ACEH — Setelah menuai kritik keras sejak debut di WWDC 2025 lalu, Apple secara resmi memperkenalkan iOS 27 beta dengan sejumlah penyesuaian pada Liquid Glass. Efek transparan yang sempat membuat banyak pengguna iPhone mengeluh kini bisa diatur lebih leluasa. Tapi, apakah ubahan ini cukup signifikan untuk mengubah pengalaman sehari-hari?
Keluhan terbesar pengguna iOS 26 adalah efek transparansi yang berlebihan. Banyak yang melaporkan ikon menjadi buram dan tampak "miring" secara visual, terutama saat mode gelap aktif. Beberapa pengguna bahkan mengaku mengalami pusing karena efek cahaya tipis di sekitar ikon Liquid Glass.
Masalah lain datang dari konsistensi keyboard.

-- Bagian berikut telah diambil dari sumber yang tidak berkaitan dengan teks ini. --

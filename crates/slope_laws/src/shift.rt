// Which way a position is shifted.

/// Which shift of the position a test of slopes holds against its alert limit.
#[derive(Clone, Copy, Debug, PartialEq, Eq)]
pub enum Shift {
    /// Across: to the east and to the north.
    Horizontal,
    /// Up or down.
    Vertical,
}
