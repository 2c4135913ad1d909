// Laws of the test of slopes over a piece of time, each the contract of a function that does nothing.
ghost use Rattle.std.specs.Prelude.{◌≡◌, ◌<◌, ◌↔◌, List, length, true, false};
ghost use Rattle.fractions.specs.Fraction.{Fraction};
ghost use Rattle.raim_model.specs.declared.verdict.Why.TheVariants.{Few};
ghost use Rattle.raim_model.specs.Geometry.{Row, SquaredShift};
ghost use Rattle.raim_model.specs.PointVerdict.{reason_of};
ghost use Rattle.fix_interval.specs.Ends.{Ends, IsInside};
ghost use Rattle.fix_interval.specs.Lies.{Lies};
ghost use Rattle.raim_model.specs.declared.verdict.Verdict.TheVariants.{Unavailable};
ghost use Rattle.slope_laws.specs.declared.shift.Shift.{Shift};
ghost use Rattle.slope_laws.specs.Rows.{NamedRow, NamedRowsLie, NamedRowsInside};
ghost use Rattle.slope_laws.specs.Slopes.{SlopeTest, detect_by};
ghost use Rattle.slope_laws.specs.Subsets.{exclude_by};
ghost use Rattle.slope_laws.specs.ShiftSlopes.{squared_shift, slopes_for};
ghost use Rattle.slope_laws.specs.Hold.{LeavesVerdict, Tells, HoldsSlopes};

/// The slopes of either shift, by determinants and with no division, are enclosed.
pub fn slopes_are_enclosed()
    ensures { (shift : Shift) → HoldsSlopes (squared_shift shift) (slopes_for shift) }
{}

/// A decided test of a list of rows, over a piece of time, is right.
pub fn decided_tests_are_right()
    // it tells the reason of every choice of rows and factors inside, or that there is none
    ensures detect { (shift : SquaredShift) (test : SlopeTest) (rows : List NamedRow) (kappa : Ends) (gs : List Row) (k k_less : Fraction) → HoldsSlopes shift test
        → NamedRowsLie rows gs → Lies kappa 38 k → Tells (detect_by test rows kappa) (reason_of shift false k k_less gs) }
    ensures exclude { (shift : SquaredShift) (test : SlopeTest) (rows : List NamedRow) (kappa kappa_less : Ends) (gs : List Row) (k k_less : Fraction) → HoldsSlopes shift test
        → NamedRowsLie rows gs → Lies kappa 38 k → Lies kappa_less 38 k_less → Tells (exclude_by test rows kappa kappa_less) (reason_of shift true k k_less gs) }
{}

/// A decided test of a list of rows is that of each list inside, under each factor inside.
pub fn decided_tests_stay()
    ensures detect { (shift : SquaredShift) (test : SlopeTest) (rows wide : List NamedRow) (kappa wide_kappa : Ends) → HoldsSlopes shift test
        → NamedRowsInside rows wide → IsInside kappa wide_kappa → LeavesVerdict (detect_by test wide wide_kappa) (detect_by test rows kappa) }
    ensures exclude { (shift : SquaredShift) (test : SlopeTest) (rows wide : List NamedRow) (kappa wide_kappa kappa_less wide_less : Ends) → HoldsSlopes shift test
        → NamedRowsInside rows wide → IsInside kappa wide_kappa → IsInside kappa_less wide_less → LeavesVerdict (exclude_by test wide wide_kappa wide_less) (exclude_by test rows kappa kappa_less) }
{}

/// A test answers Few exactly where there are fewer than five rows, and for exclusion fewer than six.
pub fn few_rows_are_few()
    ensures detect { (test : SlopeTest) (rows : List NamedRow) (kappa : Ends) → (detect_by test rows kappa ≡ Unavailable Few ↔ length rows < 5) }
    ensures exclude { (test : SlopeTest) (rows : List NamedRow) (kappa kappa_less : Ends) → (exclude_by test rows kappa kappa_less ≡ Unavailable Few ↔ length rows < 6) }
{}
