//! Laws of the test of slopes over a piece of time, for fault detection and fault exclusion: what it decides is right for every choice
//! of rows inside, and stays decided on rows inside. They are laws of any test of slopes that encloses and is isotone; `specs/Hold`
//! says what that is, and both shifts, horizontal and vertical, have such a test.
//!
//! The functions are empty: their contracts state what is proved.
#![tactic(auto)]

mod laws;
mod outcome;
mod shift;

pub use laws::{
    decided_tests_are_right, decided_tests_stay, few_rows_are_few, slopes_are_enclosed,
};
pub use outcome::Outcome;
pub use shift::Shift;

Di aplikasi pihak ketiga, keyboard sering kembali ke desain lama pra-iOS 26, bukan versi dengan efek Liquid Glass. Performa di iPhone lawas juga tidak stabil, dan Apple sendiri mengakui bahwa upgrade ke iOS 26 bisa menyebabkan masalah baterai dan performa sementara.
Perubahan paling kentara di iOS 27 beta adalah hadirnya slider pengatur kekuatan efek Liquid Glass. Sebelumnya di iOS 26, pengguna hanya punya pilihan biner "jernih" atau "berwarna", plus opsi "kurangi transparansi" yang tersembunyi di menu aksesibilitas. Kini, Anda bisa menggeser dari efek transparan penuh hingga hampir buram total.
Apple juga menambahkan pinggiran gelap di sekitar elemen Liquid Glass. Dikombinasikan dengan sorotan yang lebih terang, pinggiran ini membuat ikon dan jendela lebih kontras dengan latar belakang. Hasilnya, teks dan ikon lebih mudah dibaca dan tidak menyatu dengan wallpaper.
Selain itu, sistem iOS 27 disebut mampu menyebar konten latar belakang yang kompleks dengan lebih efektif. Apple mengklaim ikon kini lebih tajam dan terdefinisi, berkat fitur refraksi baru yang bisa dimanfaatkan pengembang.
Setelah menjajal iOS 27 beta di iPhone 17 Pro Max, perbedaan visual yang dramatis tidak langsung terlihat. Secara sekilas, Liquid Glass masih tampak mirip dengan versi sebelumnya. Namun, saat slider transparansi digeser ke posisi lebih buram, perbedaan keterbacaan langsung terasa, terutama di layar beranda yang ramai.
Efek pinggiran gelap juga membantu, meski tidak mengubah total tampilan. Bagi pengguna yang sangat sensitif terhadap efek buram, fitur slider ini menjadi solusi paling praktis tanpa harus mematikan efek sepenuhnya.
Pembaruan ini paling berguna bagi pengguna iPhone lawas yang mengalami performa tidak stabil akibat efek Liquid Glass. Dengan mengurangi tingkat transparansi, beban GPU bisa berkurang, yang berpotensi memperbaiki kelancaran sistem dan daya tahan baterai. Pengguna yang sering membaca teks di layar juga akan merasakan manfaat dari peningkatan kontras ini.
iOS 27 beta tidak menghapus Liquid Glass, tetapi memberikan kendali lebih besar kepada pengguna. Slider transparansi dan pinggiran gelap adalah jawaban Apple atas kritik selama setahun terakhir. Meski perubahan visualnya tidak revolusioner, fleksibilitas tambahan ini cukup untuk membuat pengalaman menggunakan iPhone terasa lebih nyaman, terutama bagi mereka yang sebelumnya terganggu dengan efek transparan.